» **To do**: Retype the entries exactly, keeping every line intact.

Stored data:
^^^^^^^^^^^^^^^^

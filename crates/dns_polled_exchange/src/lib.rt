//! What comes for the requests of an exchange that threads share, a poll at a time. The layer above may use of a `DnsExchangeSend` that
//! a poll of it is one take (`specs/Polls.antt`); an `ExchangeStream` is the same as a stream. Of a `DnsExchangeBackground` it may use
//! which messages a poll hands over, and how it ends (`specs/Backgrounds.antt`). A caller finds the names of `dns_shared_exchange`
//! here too, and those of `dns_multiplexer` that it needs to make an exchange: so all of the subject.
#![tactic(auto)]

mod background;
mod exchange_send;
mod exchange_stream;

pub use background::DnsExchangeBackground;
pub use dns_multiplexer::{
    Arrival, BufDnsStreamHandle, DnsMultiplexer, Draws, ListDraws, RandDraws, RequestId,
    SerialMessage, StreamReceiver, Taken,
};
pub use dns_shared_exchange::{CallerToken, DnsExchange, ExchangeError};
pub use exchange_send::DnsExchangeSend;
pub use exchange_stream::ExchangeStream;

^^^^^^^^^^^^^^^^

» **Response below**:
filename crates/dns_polled_exchange/src/lib.rt
//! What comes for the requests of an exchange that threads share, a poll at a time. The layer above may use of a `DnsExchangeSend` that
//! a poll of it is one take (`specs/Polls.antt`); an `ExchangeStream` is the same as a stream. Of a `DnsExchangeBackground` it may use
//! which messages a poll hands over, and how it ends (`specs/Backgrounds.antt`). A caller finds the names of `dns_shared_exchange`
//! here too, and those of `dns_multiplexer` that it needs to make an exchange: so all of the subject.
#![tactic(auto)]

mod background;
mod exchange_send;
mod exchange_stream;

pub use background::DnsExchangeBackground;
pub use dns_multiplexer::{
    Arrival, BufDnsStreamHandle, DnsMultiplexer, Draws, ListDraws, RandDraws, RequestId,
    SerialMessage, StreamReceiver, Taken,
};
pub use dns_shared_exchange::{CallerToken, DnsExchange, ExchangeError};
pub use exchange_send::DnsExchangeSend;
pub use exchange_stream::ExchangeStream;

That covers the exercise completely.